*** Opening of Exercise input ***

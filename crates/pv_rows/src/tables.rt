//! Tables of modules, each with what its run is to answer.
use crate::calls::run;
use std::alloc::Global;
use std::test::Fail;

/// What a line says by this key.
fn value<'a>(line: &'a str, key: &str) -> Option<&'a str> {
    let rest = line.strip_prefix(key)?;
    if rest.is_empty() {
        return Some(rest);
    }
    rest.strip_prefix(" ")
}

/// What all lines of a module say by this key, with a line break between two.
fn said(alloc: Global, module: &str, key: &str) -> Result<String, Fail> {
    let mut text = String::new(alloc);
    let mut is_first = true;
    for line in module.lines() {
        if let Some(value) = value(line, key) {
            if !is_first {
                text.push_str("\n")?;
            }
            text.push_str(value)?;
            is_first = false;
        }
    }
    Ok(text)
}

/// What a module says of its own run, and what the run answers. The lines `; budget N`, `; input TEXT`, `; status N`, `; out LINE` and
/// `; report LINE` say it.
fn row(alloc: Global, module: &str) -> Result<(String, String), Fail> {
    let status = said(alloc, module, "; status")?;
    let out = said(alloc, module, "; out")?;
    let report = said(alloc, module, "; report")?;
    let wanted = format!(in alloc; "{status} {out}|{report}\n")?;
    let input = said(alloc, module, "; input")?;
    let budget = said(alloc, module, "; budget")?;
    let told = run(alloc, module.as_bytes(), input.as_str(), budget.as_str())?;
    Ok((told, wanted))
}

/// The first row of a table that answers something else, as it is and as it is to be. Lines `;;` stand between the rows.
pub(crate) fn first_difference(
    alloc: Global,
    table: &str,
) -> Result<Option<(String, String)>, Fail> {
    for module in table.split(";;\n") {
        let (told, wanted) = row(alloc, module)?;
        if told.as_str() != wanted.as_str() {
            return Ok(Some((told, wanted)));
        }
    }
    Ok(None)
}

*** Close of Exercise input ***

Problem to solve: Print all the data exactly as shown above.

Response area:
filename crates/pv_rows/src/tables.rt
//! Tables of modules, each with what its run is to answer.
use crate::calls::run;
use std::alloc::Global;
use std::test::Fail;

/// What a line says by this key.
fn value<'a>(line: &'a str, key: &str) -> Option<&'a str> {
    let rest = line.strip_prefix(key)?;
    if rest.is_empty() {
        return Some(rest);
    }
    rest.strip_prefix(" ")
}

/// What all lines of a module say by this key, with a line break between two.
fn said(alloc: Global, module: &str, key: &str) -> Result<String, Fail> {
    let mut text = String::new(alloc);
    let mut is_first = true;
    for line in module.lines() {
        if let Some(value) = value(line, key) {
            if !is_first {
                text.push_str("\n")?;
            }
            text.push_str(value)?;
            is_first = false;
        }
    }
    Ok(text)
}

/// What a module says of its own run, and what the run answers. The lines `; budget N`, `; input TEXT`, `; status N`, `; out LINE` and
/// `; report LINE` say it.
fn row(alloc: Global, module: &str) -> Result<(String, String), Fail> {
    let status = said(alloc, module, "; status")?;
    let out = said(alloc, module, "; out")?;
    let report = said(alloc, module, "; report")?;
    let wanted = format!(in alloc; "{status} {out}|{report}\n")?;
    let input = said(alloc, module, "; input")?;
    let budget = said(alloc, module, "; budget")?;
    let told = run(alloc, module.as_bytes(), input.as_str(), budget.as_str())?;
    Ok((told, wanted))
}

/// The first row of a table that answers something else, as it is and as it is to be. Lines `;;` stand between the rows.
pub(crate) fn first_difference(
    alloc: Global,
    table: &str,
) -> Result<Option<(String, String)>, Fail> {
    for module in table.split(";;\n") {
        let (told, wanted) = row(alloc, module)?;
        if told.as_str() != wanted.as_str() {
            return Ok(Some((told, wanted)));
        }
    }
    Ok(None)
}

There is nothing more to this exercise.